Tatsächlich stand Berlin seit Beginn der Krise immer an vorderster Front unter jenen, die mögliches gemeinsames europäisches Handeln verhindern wollten: So war es bereits beim Stimuluspaket, das Merkel und Co nur auf nationaler Ebene geschnürt sehen wollten. Besonders dramatische Folgen hatte das konstante Lavieren von Schwarz-Gelb bei der Finanzhilfe für Griechenland. Anfang des Jahres, als sich Berlin immer noch weigerte, Athen beizustehen, schlug die „Bild“-Zeitung vor, die Griechen sollten die Akropolis verkaufen. Einige Politiker aus Merkels Partei heizten die Stimmung weiter an und provozierten mit ähnlich absurden Vorschlägen: Athen könne doch einige der vielen Ägäis-Inseln versteigern, um zu Geld zu kommen.

Hemmschuh.

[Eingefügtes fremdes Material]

// No code: cases C1 to C10 of docs/RULES.md as one table, and the definitions give what it says.
#![tactic(auto)]
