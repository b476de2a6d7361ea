//! A page that the caller takes back from a child.

use pip_base::{Frame, VPage};

/// The child, and where it and the caller map the page.
#[derive(Clone, Copy, Debug, PartialEq, Eq)]
pub(crate) struct Recall {
    /// The child.
    pub(crate) child: Frame,
    /// Where the child maps the page.
    pub(crate) at: VPage,
    /// Where the caller maps it.
    pub(crate) v: VPage,
}
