//! A page on loan to a child.

use pip_base::{Frame, Rights, VPage};

/// A page of the caller, and where a child is to map it.
#[derive(Clone, Copy, Debug, PartialEq, Eq)]
pub(crate) struct Loan {
    /// Where the caller maps the page.
    pub(crate) v: VPage,
    /// The page.
    pub(crate) frame: Frame,
    /// Where the caller has the child's descriptor.
    pub(crate) born: VPage,
    /// The child.
    pub(crate) child: Frame,
    /// Where the child maps the page.
    pub(crate) at: VPage,
    /// What the child may do with it.
    pub(crate) rights: Rights,
}
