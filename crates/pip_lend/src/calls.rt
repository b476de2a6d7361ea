//! The calls, a file each: the tests, the writes, and the call.

pub mod add_vaddr;
pub mod mapped_in_child;
pub mod remove_vaddr;
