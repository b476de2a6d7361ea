//! The calls that lend pages to children, take them back and say where they are, over frames: a file each under
//! `calls`.
//!
//! Each needs frames that lay out some sound tree which has the caller (`HasPartition`). They keep nothing beside the
//! frames and take no memory. `mapped_in_child` gives the model's status and value in at most 6 steps and writes
//! nothing. `add_vaddr` and `remove_vaddr` promise what pip_birth's calls do. The first shadow's word of a row says
//! which child has the page, and the child's second shadow where the caller has a page that it takes back: no call
//! searches for either. `add-stands` and `remove-stands` say that the caller can call again.
#![tactic(auto)]

mod calls;
mod loan;
mod recall;

pub use calls::add_vaddr::add_vaddr;
pub use calls::mapped_in_child::mapped_in_child;
pub use calls::remove_vaddr::remove_vaddr;
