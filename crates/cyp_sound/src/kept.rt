//! What goals and predicates keep by their types. A caller that reaches no private field knows none of it, so each part is
//! looked at. Nothing is computed.

ghost use Rattle.std.specs.Prelude.{IsTrue, true, ◌≡◌, ◌≤◌};
ghost use Rattle.std.specs.List.{list_all};
ghost use Rattle.cyp_goal.specs.Named.{no_set, parts_fit};
ghost use Rattle.cyp_goal.specs.Raw.{arg_fits, lit_fits, set_fits, term_fits};
ghost use Rattle.cyp_heap.specs.Chunks.{in_order};
ghost use Rattle.cyp_heap.specs.PredsFormed.{IsFormedPreds};
ghost use Rattle.cyp_heap.specs.declared.pred.Clause.{Clause};
ghost use Rattle.cyp_term.specs.Terms.{is_set_var};
ghost use Rattle.cyp_sound.specs.Kept.{IsKept, are_small, is_kept, is_small};

use cyp_heap::{Arg, BlockAt, Chunk, Clause, Goal, Heap, Pred, Preds};
use cyp_term::{Lit, SetTerm, Term};

fn keep_term(term: &Term)
    ensures { IsTrue (term_fits no_set term.now) }
{
    let _ = term.base();
}

fn keep_terms(terms: &[Term])
    ensures { IsTrue (list_all (term_fits no_set) terms.now) }
{
    for term in terms {
        keep_term(term);
    }
}

fn keep_set(set: &SetTerm)
    ensures { IsTrue (set_fits no_set is_set_var set.now) }
{
    let _ = set.vars();
    keep_terms(set.elems());
}

fn keep_lit(lit: &Lit)
    ensures { IsTrue (lit_fits no_set is_set_var lit.now) }
{
    match lit {
        Lit::Eq(a, b) | Lit::Ne(a, b) | Lit::Le(a, b) | Lit::Lt(a, b) => {
            keep_term(a);
            keep_term(b);
        }
        Lit::Same(a, b) | Lit::NotSame(a, b) | Lit::Sub(a, b) | Lit::NotSub(a, b) => {
            keep_set(a);
            keep_set(b);
        }
        Lit::Member(a, b) | Lit::NotMember(a, b) => {
            keep_term(a);
            keep_set(b);
        }
    }
}

fn keep_lits(lits: &[Lit])
    ensures { IsTrue (list_all (lit_fits no_set is_set_var) lits.now) }
{
    for lit in lits {
        keep_lit(lit);
    }
}

fn keep_arg(arg: &Arg)
    ensures { IsTrue (arg_fits no_set is_set_var arg.now) }
{
    match arg {
        Arg::Int(term) => keep_term(term),
        Arg::Set(set) => keep_set(set),
    }
}

fn keep_args(args: &[Arg])
    ensures { IsTrue (list_all (arg_fits no_set is_set_var) args.now) }
{
    for arg in args {
        keep_arg(arg);
    }
}

/// Taken by value, a block tells what its type keeps.
fn keep_block(block: BlockAt)
    ensures { block.size ≤ 8 }
{}

fn keep_chunk(chunk: &Chunk)
    ensures { IsTrue (is_kept chunk.now) }
{
    match chunk {
        Chunk::Inst(inst) => keep_args(inst.args.as_slice()),
        Chunk::Block(block) => {
            let at = block.at();
            keep_term(&at);
            keep_block(*block);
        }
        Chunk::Cell(cell) => {
            keep_term(&cell.at);
            keep_term(&cell.content);
        }
    }
}

fn keep_chunks(chunks: &[Chunk])
    ensures { IsTrue (list_all is_kept chunks.now) }
{
    for chunk in chunks {
        keep_chunk(chunk);
    }
}

fn keep_heap(heap: &Heap)
    ensures order { IsTrue (in_order heap.now.chunks) }
    ensures fits { list_all parts_fit heap.now.chunks ≡ true }
    ensures small { IsTrue (list_all is_small heap.now.chunks) }
{
    keep_chunks(heap.chunks());
}

fn keep_clauses(clauses: &[Clause])
    ensures { IsTrue (list_all (λ (c : Clause). list_all is_small c.heap.chunks) clauses.now) }
{
    for clause in clauses {
        keep_heap(&clause.heap);
    }
}

fn keep_list(list: &[Pred])
    ensures { IsTrue (are_small (record { list = list.now })) }
{
    for pred in list {
        keep_clauses(pred.clauses.as_slice());
    }
}

/// Law: predicates are formed, and their blocks have at most 8 cells.
pub(crate) fn keep_preds(preds: &Preds)
    ensures formed { IsFormedPreds preds.now }
    ensures small { IsTrue (are_small preds.now) }
{
    keep_list(preds.list());
}

/// Law: the chunks of a goal are in order, its variables have the sorts of their places, and its blocks at most 8 cells.
pub(crate) fn keep_goal(goal: &Goal)
    ensures { IsKept goal.now }
{
    keep_lits(goal.pure_pre.as_slice());
    keep_heap(&goal.pre);
    keep_lits(goal.pure_post.as_slice());
    keep_heap(&goal.post);
}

Anstatt bei der Bevölkerung die Einsicht zu befördern, dass europäische Solidarität in Krisenzeiten besonders wichtig ist, verharrte man in der Berliner Staatskanzlei lange auf dem durchaus populären Standpunkt, die frivolen mediterranen Staaten wie Griechenland, Italien, Spanien und Portugal sollten doch selbst die Suppe auslöffeln, die sie sich mit ihrer Verschwendungssucht eingebrockt hätten. Das deutsche Zögern hat nicht nur die Spekulanten weiter ermuntert und das ohnehin bereits marode Griechenland noch weiter an den Rand des Abgrunds getrieben. Merkels hinhaltender Widerstand gegen den Anfang Mai schließlich doch noch beschlossenen EU-Krisenmechanismus von 750 Milliarden Euro hat die gemeinsame Währung ­weiter geschwächt. Die gesamte Euro-
zone wurde letztlich durch Merkels Taktik gefährdet.

Verschwörungstheoretiker mögen glauben, dass Deutschland ganz gezielt auf die Abwertung des Euro hinarbeitete, um damit die heimischen Exporte zu fördern. Selbst wenn das nicht stimmt: Derzeit scheinen nicht mehr die Briten der große Hemmschuh auf dem Weg in die europäische Zukunft zu sein, sondern die Deutschen.

Nun muss sich niemand ernsthaft vor einem nationalistischen Rausch der Germanen fürchten. Der nun virulent werdende deutsche Wirtschaftsnationalismus unter der schwarz-gelben Regierung könnte nicht nur Griechenland, sondern in letzter Instanz das gesamte europäische Projekt gefährden. Berlin hat sich offenbar von der EU abgewandt – und Europa von Berlin. Dabei kann einem durchaus bange werden.